---------- Data listing ----------

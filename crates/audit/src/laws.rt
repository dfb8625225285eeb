//! What holds of the definitions that the contracts cite: what is read of bytes is what they spell,
//! and so what a yes shows of them. A law is a function that does nothing: its contract is the law,
//! for all bytes.

ghost use Rattle.std.specs.Prelude.{◌≡◌, ℕ, ◌↔◌, ◌≢◌, ◌⊎◌, List, map, None, Some, Ok, AllPairs, slice_get};
ghost use Rattle.audit.specs.Common.{IsBytes, Unit as TimeUnit, ClaimData, claim_of, Packet, ntp_port, packet_of, exchanges_of, refusal_of, Exchange, Endian, Format, Record, IsCapture};
ghost use Rattle.audit.specs.Headline.{ShowsHeadline};
ghost use Rattle.audit.specs.HeadlineByCovers.{ShowsHeadlineByCovers};
ghost use Rattle.audit.specs.Contested.{BytesLaws, CourseContests, GivesNanoseconds, NeverBoth, NeverBothByCovers, ReadingLaw, RefutationContests};
ghost use Rattle.audit.specs.Claimed.{IsClaimText};
ghost use Rattle.audit.specs.Exchanged.{FrameLaws, HoldsPacket, IsUsable, IsExchangeIn, IsAmong};
ghost use Rattle.audit.specs.Captured.{CapturedFrame, IsCaptureOf, frame_of};

use checker::laws::{
    accepted_refutations_have_a_course, bounds_hold_in_nanoseconds, capture_fits_each_piece,
    pieces_hold_every_reading, test_is_passed_where_refuted, verdicts_are_traceable,
    yes_is_acceptance,
};
use claim_file::laws::{
    addresses_are_dotted, claims_are_lawful, nanoseconds_become_ticks, servers_are_in_their_groups,
    times_are_spelled,
};
use cover_checker::laws::{
    accepted_covers_bound_the_span, capture_fits_what_is_named, covers_are_traceable,
};
use era_unfold::laws::{
    every_stamp_is_unfolded, ratios_are_rounded_as_little_as_can_be, unfolded_is_one_number,
};
use frame_reader::laws::given_where_held;
use pairing::laws::{
    exchanges_are_those_of_the_pairs, exchanges_keep_their_limits, reply_is_of_one_server,
    request_is_to_one_server,
};
use pcap_reader::laws::{one_reading, what_is_read_is_a_capture};
use sample_interval::laws::widening_is_one_number;

/// What is within the bound in ticks of a claim that was read, is within its bound in nanoseconds.
#[tactic(auto, using(crate::proofs::Headline::claim_of_read))]
pub fn bounds_of_bytes_hold_in_nanoseconds()
    ensures { GivesNanoseconds }
{
    nanoseconds_become_ticks();
    bounds_hold_in_nanoseconds();
}

/// A frame gives an NTP packet exactly if it holds it, its layers joined from Ethernet to NTP.
pub fn packet_is_given_where_held()
    ensures { (frame : List ℕ) (p : Packet) → IsBytes frame →
        (packet_of frame ≡ Some p) ↔ HoldsPacket frame p }
{
    given_where_held();
}

/// A reply's own header refuses it exactly if it isn't usable.
#[tactic(auto, using(crate::proofs::PacketParts::usable))]
pub fn usable_replies_are_not_refused()
    ensures { (header : List ℕ) → (refusal_of header ≡ None) ↔ IsUsable header }
{}

/// A capture of records is one of the frames that these say.
#[tactic(auto, using(crate::proofs::RecordFrames::captured))]
pub fn records_are_frames()
    ensures { (bytes : List ℕ) (format : Format) (records : List Record) →
        IsCapture bytes format records →
        IsCaptureOf bytes format.order format.unit (map frame_of records) }
{}

/// A capture of frames is one of records that say these, in the same byte order and unit.
#[tactic(auto, using(crate::proofs::Frames::of_records))]
pub fn frames_are_records()
    ensures { (bytes : List ℕ) (order : Endian) (unit : TimeUnit) (frames : List CapturedFrame) →
        IsCaptureOf bytes order unit frames →
        (records : List Record) × IsCapture bytes (record { order = order; unit = unit }) records
        × (map frame_of records ≡ frames) }
{}

/// Bytes are a capture in one byte order, in one unit and of one list of frames at most.
pub fn captures_say_one_list_of_frames()
    ensures { (bytes : List ℕ) (order other_order : Endian) (unit other_unit : TimeUnit)
        (frames others : List CapturedFrame) →
        IsCaptureOf bytes order unit frames → IsCaptureOf bytes other_order other_unit others →
        (order ≡ other_order) × (unit ≡ other_unit) × (frames ≡ others) }
{
    frames_are_records();
    one_reading();
}

/// What the layers below say of a frame, of its time and of the request or reply in it.
fn layers_say_what_frames_hold()
    ensures { FrameLaws }
{
    packet_is_given_where_held();
    request_is_to_one_server();
    reply_is_of_one_server();
    ratios_are_rounded_as_little_as_can_be();
    every_stamp_is_unfolded();
}

/// The exchanges that are collected of a capture are exchanges in its frames.
pub fn exchanges_are_in_the_frames()
    ensures { (bytes : List ℕ) (format : Format) (records : List Record) (claim : ClaimData) →
        IsBytes bytes → IsCapture bytes format records →
        AllPairs (λ a b. a ≢ b) claim.servers →
        (k : ℕ) (x : Exchange) → slice_get (exchanges_of claim records) k ≡ Some x →
        IsExchangeIn claim format.unit (map frame_of records) x }
{
    layers_say_what_frames_hold();
    exchanges_are_those_of_the_pairs();
}

/// Each exchange in the frames of a capture is collected, whatever its leap indicator, its stratum
/// and its reference are.
pub fn exchanges_in_the_frames_are_collected()
    ensures { (bytes : List ℕ) (format : Format) (records : List Record) (claim : ClaimData) →
        IsBytes bytes → IsCapture bytes format records →
        AllPairs (λ a b. a ≢ b) claim.servers → (x : Exchange) →
        IsExchangeIn claim format.unit (map frame_of records) x →
        IsAmong (exchanges_of claim records) x }
{
    layers_say_what_frames_hold();
    unfolded_is_one_number();
    exchanges_are_those_of_the_pairs();
}

/// What is read of a claim's bytes is what their text says.
#[tactic(auto, using(crate::proofs::ClaimText::read))]
pub fn claims_are_what_their_text_says()
    ensures { (text : List ℕ) (claim : ClaimData) → claim_of text ≡ Ok claim →
        IsClaimText text claim }
{
    times_are_spelled();
    addresses_are_dotted();
    servers_are_in_their_groups();
    ratios_are_rounded_as_little_as_can_be();
}

/// A text says one claim at most.
pub fn texts_say_one_claim()
    ensures { (text : List ℕ) (claim other : ClaimData) → IsClaimText text claim →
        IsClaimText text other → claim ≡ other }
{
    times_are_spelled();
    addresses_are_dotted();
}

/// What is read of the bytes of a claim and of a capture is what they say.
fn what_is_read_is_said()
    ensures { ReadingLaw }
{
    claims_are_what_their_text_says();
    claims_are_lawful();
    what_is_read_is_a_capture();
    records_are_frames();
    exchanges_are_in_the_frames();
    exchanges_in_the_frames_are_collected();
    exchanges_keep_their_limits();
}

/// If a claim and a capture are read, and the verdict on some certificate is yes, the theorem holds
/// of their bytes, said in relations alone.
pub fn yes_shows_the_headline()
    ensures { ShowsHeadline }
{
    what_is_read_is_said();
    verdicts_are_traceable();
    yes_is_acceptance();
    pieces_hold_every_reading();
    widening_is_one_number();
    bounds_of_bytes_hold_in_nanoseconds();
}

/// The same if some certificate by covers is accepted.
pub fn yes_by_covers_shows_its_headline()
    ensures { ShowsHeadlineByCovers }
{
    what_is_read_is_said();
    covers_are_traceable();
    accepted_covers_bound_the_span();
    bounds_of_bytes_hold_in_nanoseconds();
}

/// If a claim and a capture are read, and in some course of events that fits them the clock is off
/// by more than the bound at a reading of the span, that is shown of their bytes, said in relations
/// alone: of all exchanges in the frames, none of which is missing.
#[tactic(auto, using(crate::proofs::Excess::contested))]
pub fn course_beyond_the_bound_contests_the_claim()
    ensures { CourseContests }
{
    what_is_read_is_said();
}

/// What these four tell of the bytes of a claim and of a capture.
pub(crate) fn bytes_tell_what_they_show()
    ensures { BytesLaws }
{
    bounds_of_bytes_hold_in_nanoseconds();
    yes_shows_the_headline();
    yes_by_covers_shows_its_headline();
    course_beyond_the_bound_contests_the_claim();
}

/// The same if some refutation is accepted, whose error doesn't change.
pub fn accepted_refutation_contests_the_claim()
    ensures { RefutationContests }
{
    what_is_read_is_said();
    test_is_passed_where_refuted();
    accepted_refutations_have_a_course();
    course_beyond_the_bound_contests_the_claim();
}

/// What is shown and what is contested never meet: no bytes of a claim and of a capture are both.
pub fn shown_claims_are_not_contested()
    ensures { NeverBoth }
{
    texts_say_one_claim();
    captures_say_one_list_of_frames();
    capture_fits_each_piece();
}

/// Nor do what is shown by covers and what is contested.
pub fn claims_shown_by_covers_are_not_contested()
    ensures { NeverBothByCovers }
{
    texts_say_one_claim();
    captures_say_one_list_of_frames();
    capture_fits_what_is_named();
}
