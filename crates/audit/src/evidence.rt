//! What a claim and a capture give together.

use claim_file::Claim;
use pairing::CompactCollection;

/// A claim, and the exchanges and counts of a capture that is held against it.
#[derive(Drop)]
pub struct Evidence {
    /// The claim.
    pub(crate) claim: Claim,
    /// The exchanges of its client and its servers, and the counts.
    pub(crate) held: CompactCollection,
}
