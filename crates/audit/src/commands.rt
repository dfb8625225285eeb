//! The engines of some commands: one question, asked for a program, with std's hasher of a fixed
//! key. And the engine of `check` with what its exit status says.

ghost use Rattle.std.specs.Prelude.{◌≡◌, ◌≤◌, [], Ok, IfOk, true, false};
ghost use Rattle.audit.specs.Common.{IsWritable, IsStep, no_feed, run_state};
ghost use Rattle.audit.specs.At.{HullHoldsError, at};
ghost use Rattle.audit.specs.Check.{IsNotTraced, IsTraced, check};
ghost use Rattle.audit.specs.Find.{IsFound, IsNotFound, find};
ghost use Rattle.audit.specs.Question.{asked_of, plainly};
ghost use Rattle.audit.specs.Refute.{IsContested, IsUncontested, refute};
ghost use Rattle.audit.specs.Run.{AnswersFor, MayRun, RunsAlone, RunsFor, ShowsAt};
ghost use Rattle.audit.specs.Samples.{samples};
ghost use Rattle.audit.specs.Second.{certificate_second, refutation_second};
ghost use Rattle.audit.specs.FindRefutation.{IsIrrefutable, IsRefutable, find_refutation};

use crate::engine::{Outputs, answer, run};
use crate::question::{At, Check, Find, Refute, Request};
use byte_stream::{Feed, Sink};
use envelope_text::Step;
use line_writer::Style;
use report::{Conclusion, Outcome, RunFault};
use std::alloc::Global;
use std::hash::{BuildHasher, BuildHasherDefault, FoldHasher};

/// Settles a certificate as `answer` does.
///
/// Status 0 is the theorem: in every course of events that fits the exchanges of the capture the
/// clock's error is within the bound over the claimed span. And piece by piece of the certificate,
/// in every course that fits what the piece names of these exchanges. `IsShown` says it in
/// relations alone, with no word on how the bytes are read.
pub fn answer_check<C: Feed, T: Feed, F: Feed, S: Sink, E: Sink, H: BuildHasher + Drop>(
    alloc: Global,
    style: Style,
    claim: &mut C,
    certificate: &mut T,
    capture: F,
    to: &mut Outputs<S, E>,
    hasher: H,
) -> (F, Conclusion)
    requires run { MayRun (run_state (C.state claim.old) (T.state certificate.old)
        (F.state capture) (S.state to.old.out)) }
    requires err { IsWritable (E.state to.old.err) }
    ensures answers { AnswersFor (asked_of (check []) certificate_second style)
        (run_state (C.state claim.old) (T.state certificate.old)
        (F.state capture) (S.state to.old.out))
        (run_state (C.state claim.new) (T.state certificate.new)
        (F.state result.0) (S.state to.new.out))
        certificate.old certificate.new capture result.0
        (E.state to.old.err) (E.state to.new.err) result.1 }
    ensures traceable { result.1.code ≡ 0 →
        IsTraced (C.state claim.old) (T.state certificate.old) (F.state capture) }
    ensures shows { ShowsAt result.1.code (check [])
        (C.state claim.old) (T.state certificate.old) (F.state capture) }
{
    let asked = Check { about: &[] };
    answer(alloc, asked, style, claim, certificate, capture, to, hasher)
}

/// A hasher of a fixed key.
fn fixed_hasher() -> BuildHasherDefault<FoldHasher> {
    BuildHasherDefault::<FoldHasher>::new()
}

/// Shows what each exchange of a capture says about the clock of the claim's client: a line for
/// each sample, and the counts.
pub fn run_samples<C: Feed, F: Feed, S: Sink>(
    alloc: Global,
    claim: &mut C,
    capture: F,
    out: &mut S,
) -> (F, Result<Outcome, RunFault>)
    requires { MayRun (run_state (C.state claim.old) no_feed (F.state capture) (S.state out.old)) }
    ensures { RunsAlone samples (C.state claim.old) (F.state capture) (S.state out.old)
        (C.state claim.new) (F.state result.0) (S.state out.new) capture result.0 result.1 }
{
    let (asked, style, fixed) = (Request::Samples, Style::Plain, fixed_hasher());
    run(alloc, asked, style, claim, &mut (), capture, out, fixed)
}

/// Shows what each server says about the clock of the claim's client at one moment, by its best
/// samples, and what is known about the clock's error then, if as many groups of servers may be
/// false as the claim grants. `unix_second` is a time of the clock in Unix seconds; it may lie
/// outside the claimed span.
pub fn run_at<C: Feed, F: Feed, S: Sink>(
    alloc: Global,
    claim: &mut C,
    capture: F,
    unix_second: u32,
    out: &mut S,
) -> (F, Result<Outcome, RunFault>)
    requires { MayRun (run_state (C.state claim.old) no_feed (F.state capture) (S.state out.old)) }
    ensures runs { RunsAlone (at unix_second)
        (C.state claim.old) (F.state capture) (S.state out.old)
        (C.state claim.new) (F.state result.0) (S.state out.new) capture result.0 result.1 }
    ensures in_hull { IfOk result.1 (λ outcome.
        HullHoldsError unix_second (C.state claim.old) (F.state capture)) }
{
    let asked = Request::At(At { unix_second });
    let (style, fixed) = (Style::Plain, fixed_hasher());
    run(alloc, asked, style, claim, &mut (), capture, out, fixed)
}

/// Settles whether a certificate shows that the clock of the claim's client stayed within the
/// claimed bound of UTC over the claimed span, by the exchanges of a capture. The answer is `Yes`
/// exactly if the verdict is.
pub fn run_check<C: Feed, F: Feed, T: Feed, S: Sink>(
    alloc: Global,
    claim: &mut C,
    capture: F,
    certificate: &mut T,
    out: &mut S,
) -> (F, Result<Outcome, RunFault>)
    requires { MayRun (run_state
        (C.state claim.old) (T.state certificate.old) (F.state capture) (S.state out.old)) }
    ensures runs { RunsFor (plainly (check []) certificate_second) (run_state
        (C.state claim.old) (T.state certificate.old) (F.state capture) (S.state out.old))
        (run_state
        (C.state claim.new) (T.state certificate.new) (F.state result.0) (S.state out.new))
        certificate.old certificate.new capture result.0 result.1 }
    ensures traceable { result.1 ≡ Ok Outcome.Yes →
        IsTraced (C.state claim.old) (T.state certificate.old) (F.state capture) }
    ensures not_traced { result.1 ≡ Ok Outcome.No →
        IsNotTraced (C.state claim.old) (T.state certificate.old) (F.state capture) }
{
    let (asked, style, fixed) = (Check { about: &[] }, Style::Plain, fixed_hasher());
    run(alloc, asked, style, claim, certificate, capture, out, fixed)
}

/// Settles whether a refutation stands against the claim: whether the clock of the claim's client
/// may have been off by its error, beyond the claimed bound, at its reading, which lies in the
/// claimed span, if just the servers that it names are false. The answer is `Yes` exactly if it
/// stands.
pub fn run_refute<C: Feed, F: Feed, T: Feed, S: Sink>(
    alloc: Global,
    claim: &mut C,
    capture: F,
    refutation: &mut T,
    out: &mut S,
) -> (F, Result<Outcome, RunFault>)
    requires { MayRun (run_state
        (C.state claim.old) (T.state refutation.old) (F.state capture) (S.state out.old)) }
    ensures runs { RunsFor (plainly (refute false []) refutation_second) (run_state
        (C.state claim.old) (T.state refutation.old) (F.state capture) (S.state out.old))
        (run_state
        (C.state claim.new) (T.state refutation.new) (F.state result.0) (S.state out.new))
        refutation.old refutation.new capture result.0 result.1 }
    ensures contested { result.1 ≡ Ok Outcome.Yes →
        IsContested false (C.state claim.old) (T.state refutation.old) (F.state capture) }
    ensures uncontested { result.1 ≡ Ok Outcome.No →
        IsUncontested false (C.state claim.old) (T.state refutation.old) (F.state capture) }
{
    let asked = Refute {
        drift: false,
        about: &[],
    };
    let (style, fixed) = (Style::Plain, fixed_hasher());
    run(alloc, asked, style, claim, refutation, capture, out, fixed)
}

/// Looks for a certificate of the claim in pieces of `step_s` seconds, from 1 to 86,400: the answer
/// is `Yes` with the certificate, which `check` accepts, or `No` with the first piece for which the
/// samples don't show that the error is within the bound, and the hull there.
///
/// `Pieces` comes if the span has over 100,000 pieces of that length, after every other refusal.
pub fn run_find<C: Feed, F: Feed, S: Sink>(
    alloc: Global,
    claim: &mut C,
    capture: F,
    step_s: u32,
    out: &mut S,
) -> (F, Result<Outcome, RunFault>)
    requires run { MayRun
        (run_state (C.state claim.old) no_feed (F.state capture) (S.state out.old)) }
    requires step { IsStep step_s }
    ensures runs { RunsAlone (find step_s) (C.state claim.old) (F.state capture) (S.state out.old)
        (C.state claim.new) (F.state result.0) (S.state out.new) capture result.0 result.1 }
    ensures accepted { result.1 ≡ Ok Outcome.Yes →
        IsFound step_s (C.state claim.old) (F.state capture) }
    ensures not_found { result.1 ≡ Ok Outcome.No →
        IsNotFound step_s (C.state claim.old) (F.state capture) }
{
    let step = Step { seconds: step_s };
    let asked = Request::Find(Find { step });
    let (style, fixed) = (Style::Plain, fixed_hasher());
    run(alloc, asked, style, claim, &mut (), capture, out, fixed)
}

/// Looks for a refutation of the claim: the answer is `Yes` with the refutation, which stands, or
/// `No` if none does, by any servers and with any error of 64 bits.
pub fn run_seek<C: Feed, F: Feed, S: Sink>(
    alloc: Global,
    claim: &mut C,
    capture: F,
    out: &mut S,
) -> (F, Result<Outcome, RunFault>)
    requires { MayRun (run_state (C.state claim.old) no_feed (F.state capture) (S.state out.old)) }
    ensures runs { RunsAlone find_refutation (C.state claim.old) (F.state capture) (S.state out.old)
        (C.state claim.new) (F.state result.0) (S.state out.new) capture result.0 result.1 }
    ensures stands { result.1 ≡ Ok Outcome.Yes →
        IsRefutable (C.state claim.old) (F.state capture) }
    ensures none { result.1 ≡ Ok Outcome.No →
        IsIrrefutable (C.state claim.old) (F.state capture) }
{
    let (asked, style, fixed) = (Request::FindRefutation, Style::Plain, fixed_hasher());
    run(alloc, asked, style, claim, &mut (), capture, out, fixed)
}
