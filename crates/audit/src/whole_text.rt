//! A text that is made whole, on its way out.

ghost use Rattle.std.specs.Prelude.{◌≡◌, ◌++◌, MatchResult, IfOk, IfErr, List, ℕ, Ok, Err};
ghost use Rattle.audit.specs.Common.{about_told, IsWritable, IsUnwritten, whole_text};
ghost use Rattle.audit.specs.Report.{IsOfMaking, TellsOf};

use audit_text::add_about;
use byte_stream::Sink;
use line_writer::Style;
use report::{Made, Outcome, RunFault, publish};
use std::alloc::AllocError;

/// A text that was made whole, with its outcome; or it wasn't, for want of memory.
fn made_whole(text: Result<Vec<u8>, AllocError>, outcome: Outcome) -> Result<Made, RunFault>
    ensures made { MatchResult text
        (λ t. result ≡ Ok (record { text = t.items; outcome = outcome }))
        (λ e. result ≡ Err RunFault.Memory) }
    ensures fault { IfErr result IsOfMaking }
    ensures outcome { IfOk result (λ made. made.outcome ≡ outcome) }
    ensures unwritten { IsUnwritten result }
{
    match text {
        Ok(text) => Ok(Made { text, outcome }),
        Err(AllocError) => Err(RunFault::Memory),
    }
}

/// A text that was made whole, and behind it what stands about the inputs of a run.
pub(crate) fn with_about(
    text: Result<Vec<u8>, AllocError>,
    style: Style,
    about: &[u8],
) -> Result<Vec<u8>, AllocError>
    ensures { (expected : List ℕ) → IfOk text (λ t. t.items ≡ expected) →
        IfOk result (λ t. t.items ≡ expected ++ about_told style about.now) }
{
    let mut text = text?;
    add_about(&mut text, style, about)?;
    Ok(text)
}

/// Writes a text that was made whole, or nothing if it wasn't for want of memory, and finishes the
/// sink. No more memory is taken.
///
/// `Write(n)` comes if the sink failed after exactly n bytes of the text; n is the whole length if
/// only `finish` failed.
#[tactic(auto, using(crate::proofs::Showing::made_whole_is))]
pub(crate) fn publish_text<S: Sink>(
    out: &mut S,
    text: Result<Vec<u8>, AllocError>,
    outcome: Outcome,
) -> Result<Outcome, RunFault>
    requires { IsWritable (S.state out.old) }
    ensures { (expected : List ℕ) → IfOk text (λ t. t.items ≡ expected) →
        TellsOf (whole_text expected outcome) (λ o. o ≡ outcome)
        (S.state out.old) (S.state out.new) result }
{
    let made = made_whole(text, outcome);
    publish(out, &made)
}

----------

**Directions for this task:** When a line in the material contains the string "wasn", copy that line.

**Answer box:**
/// A text that was made whole, with its outcome; or it wasn't, for want of memory.
/// Writes a text that was made whole, or nothing if it wasn't for want of memory, and finishes the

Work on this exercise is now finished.